A word-for-word transcription of the records is required.

(EXCERPTED DATA)

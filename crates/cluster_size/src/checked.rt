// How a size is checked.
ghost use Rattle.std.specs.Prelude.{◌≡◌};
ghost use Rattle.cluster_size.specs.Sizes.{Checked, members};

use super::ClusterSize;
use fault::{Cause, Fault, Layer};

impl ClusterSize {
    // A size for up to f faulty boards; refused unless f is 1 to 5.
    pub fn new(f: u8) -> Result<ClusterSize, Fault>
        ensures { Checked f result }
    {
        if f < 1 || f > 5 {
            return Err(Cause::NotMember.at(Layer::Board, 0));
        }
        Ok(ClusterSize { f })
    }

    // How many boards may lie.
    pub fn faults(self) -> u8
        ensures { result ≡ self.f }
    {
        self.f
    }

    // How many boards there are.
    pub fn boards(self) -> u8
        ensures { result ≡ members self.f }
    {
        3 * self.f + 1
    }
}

(End EXCERPTED DATA)

* _RESULT_:
filename crates/cluster_size/src/checked.rt
// How a size is checked.
ghost use Rattle.std.specs.Prelude.{◌≡◌};
ghost use Rattle.cluster_size.specs.Sizes.{Checked, members};

use super::ClusterSize;
use fault::{Cause, Fault, Layer};

impl ClusterSize {
    // A size for up to f faulty boards; refused unless f is 1 to 5.
    pub fn new(f: u8) -> Result<ClusterSize, Fault>
        ensures { Checked f result }
    {
        if f < 1 || f > 5 {
            return Err(Cause::NotMember.at(Layer::Board, 0));
        }
        Ok(ClusterSize { f })
    }

    // How many boards may lie.
    pub fn faults(self) -> u8
        ensures { result ≡ self.f }
    {
        self.f
    }

    // How many boards there are.
    pub fn boards(self) -> u8
        ensures { result ≡ members self.f }
    {
        3 * self.f + 1
    }
}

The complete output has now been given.